While this may be remembered by many consumers as an annoyance, it is remembered far differently by the corporations that are subjected to massive regulation at the hands of bureaucrats from the FDA as well as dozens of state and local regulators across the country.

For the companies that had to deal with these problems, it was more than an annoyance, but rather an incredibly costly nightmare that they can never allow to happen again. When the peanut butter crisis hit, factories across the country were completely shut down in an attempt to trace the problem to it’s source without contaminating any other consumers. On it’s face this may sound reasonable however it is a massive over reaction that costs untold millions of dollars to the industry and in most cases producing limited results as the contamination is usually traced back to just one factory and by that time the damage has been done. For a business owner or CEO this is absolutely unacceptable.

Enter S.510.

Billed by supporters as the “Food & Safety Modernization Act”, they claim it will help prevent the events I just described. In reality it’s simply a marriage of large corporations and the FDA in an attempt to save the corporations money and grant centralized power over our food supply to the FDA.

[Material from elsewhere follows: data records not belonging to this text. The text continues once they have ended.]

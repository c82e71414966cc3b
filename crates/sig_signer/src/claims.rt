//! What Fulcio's extensions claim of a signer (https://github.com/sigstore/fulcio/blob/main/docs/oid-info.md).
ghost use Rattle.std.specs.Prelude.{◌≡◌, option_map, Ok, Err};
ghost use Rattle.sig_base.specs.Answers.{Answers};
ghost use Rattle.sig_base.specs.declared.error.SigstoreError.TheVariants.{OutOfMemory as Memory};
ghost use Rattle.sig_certificate.specs.Lookups.{borrowed_extension, with_oid};
ghost use Rattle.sig_policy.specs.Texts.{utf8_text};
ghost use Rattle.sig_signer.specs.Claims.{claim_answer, claims_answer, first_of, workflow_answer};

use sig_base::{Result, SigstoreError, Text};
use sig_certificate::{Certificate, ExtensionRef};
use sig_der::oid;
use std::alloc::Global;

/// What a certificate claims. A claim is absent if its extension is.
#[derive(Drop)]
pub(crate) struct Claims {
    pub(crate) issuer: Option<Text>,
    pub(crate) trigger: Option<Text>,
    pub(crate) sha: Option<Text>,
    pub(crate) workflow: Workflow,
}

/// The workflow that a certificate claims to be of.
#[derive(Drop)]
pub(crate) struct Workflow {
    pub(crate) name: Option<Text>,
    pub(crate) repository: Option<Text>,
    pub(crate) reference: Option<Text>,
}

/// The claims of a certificate. Fails with `X509Error` if a text is not UTF-8.
#[tactic(auto, unfolding(crate::specs::Claims::claims_answer))]
pub(crate) fn read_claims(alloc: Global, certificate: &Certificate) -> Result<Claims>
    ensures { Answers Memory (λ claims. claims) result (claims_answer certificate.now) }
{
    Ok(Claims {
        issuer: claim(alloc, certificate, oid::FULCIO_ISSUER)?,
        trigger: claim(alloc, certificate, oid::FULCIO_TRIGGER)?,
        sha: claim(alloc, certificate, oid::FULCIO_SHA)?,
        workflow: read_workflow(alloc, certificate)?,
    })
}

/// The text of the first extension of this object identifier. Fails with `X509Error` if it is not UTF-8.
fn claim(alloc: Global, certificate: &Certificate, oid: &[u8]) -> Result<Option<Text>>
    ensures { Answers Memory (λ text. text) result (claim_answer oid.now certificate.now) }
{
    match first_extension(certificate, oid) {
        None => Ok(None),
        Some(extension) => match utf8_text(extension.value) {
            Some(text) => Ok(Some(Text::copy_of(alloc, text)?)),
            None => Err(SigstoreError::X509Error),
        },
    }
}

/// The first extension of this object identifier.
fn first_extension<'a>(certificate: &'a Certificate, oid: &[u8]) -> Option<ExtensionRef<'a>>
    ensures { option_map borrowed_extension result ≡ first_of (with_oid oid.now certificate.now.extensions) }
{
    'extensions: for extension in certificate.extensions() {
        if extension.oid == oid {
            return Some(extension);
        }
    }
    None
}

/// Returns the text that the bytes are. `None` if they are not UTF-8.
#[tactic(auto, using(sig_policy::proofs::Utf8Laws::utf8_some, sig_policy::proofs::Utf8Laws::utf8_none))]
pub(crate) fn utf8_text(bytes: &[u8]) -> Option<&str>
    ensures { option_map (λ t. t.now) result ≡ utf8_text bytes.now }
{
    match std::str::from_utf8(bytes) {
        Ok(text) => Some(text),
        Err(_) => None,
    }
}

/// The workflow of a certificate. Fails with `X509Error` if a text is not UTF-8.
#[tactic(auto, unfolding(crate::specs::Claims::workflow_answer))]
fn read_workflow(alloc: Global, certificate: &Certificate) -> Result<Workflow>
    ensures { Answers Memory (λ workflow. workflow) result (workflow_answer certificate.now) }
{
    Ok(Workflow {
        name: claim(alloc, certificate, oid::FULCIO_NAME)?,
        repository: claim(alloc, certificate, oid::FULCIO_REPOSITORY)?,
        reference: claim(alloc, certificate, oid::FULCIO_REF)?,
    })
}
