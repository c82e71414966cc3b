//! The results for the artifacts of a manifest.
ghost use Rattle.std.specs.Prelude.{◌≡◌, IfOk, length};
ghost use Rattle.sig_explain_gate.specs.Artifact.{AreArtifactsFound};
ghost use Rattle.sig_explain_gate.specs.Roots.{AreRead};
ghost use Rattle.sig_gate.specs.NamedPolicies.{AreHeldPolicies};
ghost use Rattle.sig_gate_command.specs.Request.{parts_of};
ghost use Rattle.sig_manifest.specs.Manifest.{manifest_view};
ghost use Rattle.sig_manifest.specs.Unknown.{AreNamed};

use crate::artifact::find_artifact;
use crate::roots::ReadRoots;
use sig_base::OutOfMemory;
use sig_gate::{NamedPolicies, Verdicts};
use sig_gate_command::GateRequest;
use sig_json::Document;
use std::alloc::Global;

/// The results for the artifacts of a manifest, in order.
#[derive(Drop)]
pub(crate) struct ArtifactFindings {
    pub(crate) verdicts: Verdicts,
    /// The list of what is shown of each.
    pub(crate) list: Document,
}

/// Returns the results for the artifacts of a manifest. Fails only if out of memory.
pub(crate) fn find_artifacts(
    alloc: Global,
    request: &GateRequest,
) -> Result<ArtifactFindings, OutOfMemory>
    requires { AreNamed (manifest_view request.now.manifest) }
    ensures found { IfOk result (AreArtifactsFound (parts_of request.entry.now)) }
    ensures count { IfOk result (λ found. length found.verdicts ≡ length request.entry.now.manifest.artifacts) }
{
    let mut roots = ReadRoots::new(alloc);
    let mut policies = NamedPolicies::new(alloc);
    let found = find_each(alloc, &mut roots, &mut policies, request);
    drop(policies);
    drop(roots);
    found
}

/// Returns the results for the artifacts of a manifest, under trusted roots and policies that were or will be read.
fn find_each<'a>(
    alloc: Global,
    roots: &mut ReadRoots,
    policies: &mut NamedPolicies<'a>,
    request: &'a GateRequest,
) -> Result<ArtifactFindings, OutOfMemory>
    requires named { AreNamed (manifest_view request.now.manifest) }
    requires read { AreRead (manifest_view request.now.manifest) roots.old }
    requires policies { AreHeldPolicies (manifest_view request.now.manifest) policies.old }
    ensures { IfOk result (AreArtifactsFound (parts_of request.entry.now)) }
{
    let mut verdicts = Verdicts::new(alloc);
    let mut list = Document::list(alloc);
    let artifacts = request.manifest.artifacts.as_slice();
    'artifacts: for artifact in artifacts {
        let found = find_artifact(alloc, roots, policies, request, artifact)?;
        verdicts.push(found.verdict)?;
        list.push(found.document)?;
    }
    Ok(ArtifactFindings { verdicts, list })
}
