//! Layers of Sigstore bundles.

use crate::layers::{show_made, show_text};
use crate::trusted::{keys_if_any, pool_if_any};
use sig_cases::{Answer, Arguments};
use sig_cosign::SignatureLayer;

/// `bundle TEXT DIGEST SOURCE REFERENCE POOL KEYS NOW ROWS`: the layer of a Sigstore bundle.
pub(crate) fn bundle(arguments: &mut Arguments<'_>, answer: &mut Answer) {
    let made = made(arguments, answer);
    show_made(arguments.alloc(), answer, made);
}

/// `shown_bundle TEXT DIGEST SOURCE REFERENCE POOL KEYS NOW ROWS`: the text that the same layer is shown as.
pub(crate) fn shown_bundle(arguments: &mut Arguments<'_>, answer: &mut Answer) {
    let made = made(arguments, answer);
    show_text(arguments.alloc(), answer, made);
}

fn made(arguments: &mut Arguments<'_>, answer: &mut Answer) -> sig_base::Result<SignatureLayer> {
    let alloc = arguments.alloc();
    let text = arguments.text();
    let digest = arguments.text();
    let source = arguments.text();
    let reference = arguments.text();
    let pool = pool_if_any(arguments, answer);
    let keys = keys_if_any(arguments);
    let now = arguments.integer();
    let checker = arguments.checker();
    SignatureLayer::from_sigstore_bundle(
        alloc,
        text.as_str().as_bytes(),
        digest.as_str(),
        source.as_str(),
        reference.as_str(),
        pool.as_ref(),
        keys.as_ref(),
        now,
        &checker,
    )
}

First, what does the FDA get out of it?

For national food companies, a key issue they have to deal with is diversity of regulations. One state requires this food label vs another state that has a different requirement. California is particularly infamous for their regulations which go far beyond the “quaint” regulations of the FDA. In cases where California’s regulations conflict with FDA regulations, Federal Preemption causes the FDA to win.  It should come as no surprise that the FDA prefers this outcome.

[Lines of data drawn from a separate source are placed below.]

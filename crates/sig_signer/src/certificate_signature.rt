//! `CertificateSignature`: the signer that a certificate names.
ghost use Rattle.std.specs.Prelude.{◌≡◌, Ok, Err, IfOk, IfErr, Result as result_type};
ghost use Rattle.sig_base.specs.Answers.{Answers, OrMemory};
ghost use Rattle.sig_base.specs.declared.error.SigstoreError.{SigstoreError as refusal_type};
ghost use Rattle.sig_base.specs.declared.error.SigstoreError.TheVariants.{OutOfMemory as Memory};
ghost use Rattle.sig_key.specs.Kind.{key_parts};
ghost use Rattle.sig_signer.specs.Signer.{IsSignerOf, certified_answer, certified_key, issued_answer, of_pool};
ghost use Rattle.sig_signer.specs.Signer.{Signer as signer_type, seen_signer, signer_answer};

use crate::claims::read_claims;
use crate::subject::CertificateSubject;
use sig_base::{PoolError, Result, SignatureChecker, SigstoreError, Text};
use sig_key::CosignVerificationKey;
use sig_x509::{Certificate, CertificatePool, X509ReadError, is_trusted, uncounted};
use std::alloc::Global;

/// The signer that a certificate names, from which a path leads to a trust anchor, and which was valid when a log
/// took the signature. Whether its key signed anything is not checked.
#[derive(Drop)]
pub struct CertificateSignature {
    /// The certificate's key.
    pub verification_key: CosignVerificationKey,
    /// Whom it names.
    pub subject: CertificateSubject,
    /// The issuer of the token that the certificate was issued for.
    pub issuer: Option<Text>,
    /// What triggered the GitHub workflow (1.3.6.1.4.1.57264.1.2).
    pub github_workflow_trigger: Option<Text>,
    /// The commit that the GitHub workflow ran at (1.3.6.1.4.1.57264.1.3).
    pub github_workflow_sha: Option<Text>,
    /// The name of the GitHub workflow (1.3.6.1.4.1.57264.1.4).
    pub github_workflow_name: Option<Text>,
    /// The repository of the GitHub workflow (1.3.6.1.4.1.57264.1.5).
    pub github_workflow_repository: Option<Text>,
    /// The ref that the GitHub workflow ran at (1.3.6.1.4.1.57264.1.6).
    pub github_workflow_ref: Option<Text>,
}

impl CertificateSignature {
    /// Returns the signer that the certificate that the bytes (DER) are names. Times are seconds since 1970:
    /// `integrated_time` is when a log took the signature.
    ///
    /// Errors, the first that applies:
    /// - `X509Error`: the bytes are not a certificate (RFC 5280 section 4.1);
    /// - `CertificatePoolError` of `Malformed` or `VerificationFailed`: the pool finds no issuer of it at the first
    ///   second of its validity, as [`CertificatePool::verify_cert_with_time`] says;
    /// - those of [`is_trusted`]: key usages, one subject alternative name, validity by now and at the integrated time;
    /// - those of [`CertificateSubject::from_certificate`];
    /// - `X509Error`: its key is of a kind that no signature is checked with, or the first extension of one of Fulcio's
    ///   six object identifiers is not UTF-8;
    /// - `OutOfMemory`.
    pub fn from_der_certificate<C: SignatureChecker>(
        alloc: Global,
        cert_der: &[u8],
        fulcio_cert_pool: &CertificatePool,
        integrated_time: i64,
        now: i64,
        checker: &C,
    ) -> Result<CertificateSignature>
        // A value is the certificate's, and an error has its cause, unless memory ran out.
        ensures found { IfOk result (λ s. IsSignerOf (C.cert_accepts checker.now) fulcio_cert_pool.now cert_der.now
            integrated_time now (Ok (seen_signer s))) }
        ensures err { IfErr result (λ e. OrMemory Memory e (IsSignerOf (C.cert_accepts checker.now)
            fulcio_cert_pool.now cert_der.now integrated_time now (Err e))) }
        // The result is this one, unless memory ran out.
        ensures only { (meant : result_type signer_type refusal_type)
            → IsSignerOf (C.cert_accepts checker.now) fulcio_cert_pool.now cert_der.now integrated_time now meant
            → Answers Memory seen_signer result meant }
    {
        match Certificate::try_from_der(alloc, cert_der) {
            Ok(certificate) => {
                signer_of(
                    alloc,
                    &certificate,
                    fulcio_cert_pool,
                    integrated_time,
                    now,
                    checker,
                )
            }
            Err(X509ReadError::Der) => Err(SigstoreError::X509Error),
            Err(X509ReadError::OutOfMemory) => Err(SigstoreError::OutOfMemory),
        }
    }
}

/// Returns the signer that this certificate names.
fn signer_of<C: SignatureChecker>(
    alloc: Global,
    certificate: &Certificate,
    pool: &CertificatePool,
    integrated_time: i64,
    now: i64,
    checker: &C,
) -> Result<CertificateSignature>
    ensures { Answers Memory seen_signer result
        (signer_answer (C.cert_accepts checker.now) pool.now certificate.now integrated_time now) }
{
    check_issued(alloc, certificate, pool, checker)?;
    is_trusted(certificate, integrated_time, now)?;
    certified(alloc, certificate)
}

/// Checks that the pool finds the certificate's issuer at the first second of its validity.
fn check_issued<C: SignatureChecker>(
    alloc: Global,
    certificate: &Certificate,
    pool: &CertificatePool,
    checker: &C,
) -> Result<()>
    ensures { Answers Memory (λ done. done) result
        (issued_answer (C.cert_accepts checker.now) pool.now certificate.now) }
{
    let time = certificate.not_before();
    match uncounted::verify_cert_with_time(pool, alloc, certificate, time, checker) {
        Ok(_) => Ok(()),
        Err(error) => Err(pool_error(error)),
    }
}

/// The error of a pool as a `SigstoreError`: `OutOfMemory`, or `CertificatePoolError` of it.
pub fn pool_error(error: PoolError) -> SigstoreError
    ensures { result ≡ of_pool error }
{
    match error {
        PoolError::OutOfMemory => SigstoreError::OutOfMemory,
        error => SigstoreError::CertificatePoolError(error),
    }
}

/// Returns the key, subject and claims of a certificate.
#[tactic(auto, unfolding(crate::specs::Signer::certified_answer))]
fn certified(alloc: Global, certificate: &Certificate) -> Result<CertificateSignature>
    ensures { Answers Memory seen_signer result (certified_answer certificate.now) }
{
    let subject = CertificateSubject::from_certificate(alloc, certificate)?;
    let verification_key = certified_key(alloc, certificate.spki())?;
    let claims = read_claims(alloc, certificate)?;
    Ok(CertificateSignature {
        verification_key,
        subject,
        issuer: claims.issuer,
        github_workflow_trigger: claims.trigger,
        github_workflow_sha: claims.sha,
        github_workflow_name: claims.workflow.name,
        github_workflow_repository: claims.workflow.repository,
        github_workflow_ref: claims.workflow.reference,
    })
}

/// The key of a certificate.
fn certified_key(alloc: Global, spki: &[u8]) -> Result<CosignVerificationKey>
    ensures { Answers Memory key_parts result (certified_key spki.now) }
{
    match CosignVerificationKey::try_from_spki(alloc, spki) {
        Ok(key) => Ok(key),
        Err(SigstoreError::OutOfMemory) => Err(SigstoreError::OutOfMemory),
        Err(_) => Err(SigstoreError::X509Error),
    }
}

However, it is well known that the D is much more important than the F in the Food & Drug Administration. For years their focus has been primarily on drugs and as a result, the states have been self regulating to a large degree. This does not sit well with the powers that be at the FDA, but what could they do? It’s not as though people are clamoring to be regulated by the federal government. Or are they?

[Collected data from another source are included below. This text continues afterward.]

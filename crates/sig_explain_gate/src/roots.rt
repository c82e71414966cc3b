//! The trusted roots that artifacts name: what verification and explanations need of each, read once.
ghost use Rattle.std.specs.Prelude.{◌≡◌, IfOk, IsSome, OnOk};
ghost use Rattle.sig_base.specs.ByText.{text_lookup};
ghost use Rattle.sig_explain_gate.specs.Roots.{AreRead, IsReadNamed, IsReadRoot, IsTried};
ghost use Rattle.sig_manifest.specs.Manifest.{manifest_view};

use sig_base::{ByText, OutOfMemory};
use sig_explain_verify::ShownRoot;
use sig_manifest::Manifest;
use sig_verify::{HeldRoot, OfflineError};
use std::alloc::Global;

/// A trusted root at the manifest's time.
#[derive(Drop)]
pub(crate) struct ReadRoot {
    /// What bundles are verified against, or why the text is not a trusted root.
    pub(crate) held: Result<HeldRoot, OfflineError>,
    /// What explanations show of it.
    pub(crate) shown: ShownRoot,
}

/// Trusted roots, by their names.
pub(crate) type ReadRoots = ByText<ReadRoot>;

/// Reads the trusted root of this name, if it was not read yet. Fails only if out of memory.
pub(crate) fn read_named(
    alloc: Global,
    roots: &mut ReadRoots,
    manifest: &Manifest,
    name: &str,
) -> Result<(), OutOfMemory>
    requires named { IsSome (text_lookup name.now manifest.now.roots) }
    requires read { AreRead (manifest_view manifest.now) roots.old }
    ensures read { OnOk result (AreRead (manifest_view manifest.entry.now) roots.new) }
    ensures there { OnOk result (IsSome (text_lookup name.now roots.new)) }
{
    if roots.get(name).is_some() {
        return Ok(());
    }
    let root = named_root(alloc, manifest, name)?;
    roots.insert(name, root)?;
    Ok(())
}

/// The trusted root of this name.
fn named_root(alloc: Global, manifest: &Manifest, name: &str) -> Result<ReadRoot, OutOfMemory>
    requires { IsSome (text_lookup name.now manifest.now.roots) }
    ensures { IfOk result (IsReadNamed (manifest_view manifest.entry.now) name.now) }
{
    let Some(text) = manifest.roots.get(name) else {
        unreachable!()
    };
    read_root(alloc, text.as_bytes(), manifest.now)
}

/// The trusted root of this text at a time.
fn read_root(alloc: Global, text: &[u8], now: i64) -> Result<ReadRoot, OutOfMemory>
    ensures { IfOk result (IsReadRoot text.now now) }
{
    let held = hold(alloc, text, now)?;
    let shown = ShownRoot::read(alloc, text, now)?;
    Ok(ReadRoot { held, shown })
}

/// What bundles are verified against, or why the text is not a trusted root. Fails only if out of memory.
fn hold(alloc: Global, text: &[u8], now: i64) -> Result<Result<HeldRoot, OfflineError>, OutOfMemory>
    ensures { IfOk result (IsTried text.now now) }
{
    match HeldRoot::read(alloc, text, now) {
        Ok(held) => Ok(Ok(held)),
        Err(OfflineError::OutOfMemory) => Err(OutOfMemory),
        Err(error) => Ok(Err(error)),
    }
}
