//! What the definitions mean. Its calls do nothing.
ghost use Rattle.sig_explain_gate.specs.OneTree.{TextsHaveOneTree};

use sig_bundle::laws::proofs;
use sig_explain_verify::laws::results;

/// A text has one explanation by `gate`.
pub fn texts()
    ensures { TextsHaveOneTree }
{
    // What is shown of a bundle is unique, and so is the proof of its log entry.
    results();
    proofs();
}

This takes us to what the large food manufacturers, grocery stores and corporate farms get out of it.

As mentioned above, companies have had to deal with regulations from various states for decades and when these recalls swept through the country over the last few years, “Big Food” had had enough. It was time to streamline the process. Make it so there is only one regulatory agency to deal with. And the FDA was more than happy to comply.

This doesn’t seem so devious yet does it? Well that’s only because I haven’t given you the punchline: The cost. $1.4 billion dollars over the next 4 years.

But not to worry! The companies that lobbied for the bill are more than happy to shoulder the burden of this cost! And by shoulder I mean pass down to the consumer in the form of higher prices on food. All rather than just doing what is necessary on their own dime to ensure a safer process for their customers. Just charge us for the bill, and pass the responsibility off to the government.

A mutually beneficial relationship where the regulated are more than happy to submit as long as the power is centralized at the federal level. This is the first bill that our Senate is pushing through after the massive conservative wins in November.

That it was written by Dick Durbin and sponsored by Chris Dodd should be enough to make anyone concerned. But not our friendly GOP. They’ve signed on in spades in what appears to be the most bi-partisan bill to come down the pike since 2006.

And why not? It’s only a massively expensive, deficit adding, power granting, bureaucratic kiss to large corporations who will raise their prices to pay for it further damaging an already weak economy. What’s not to love?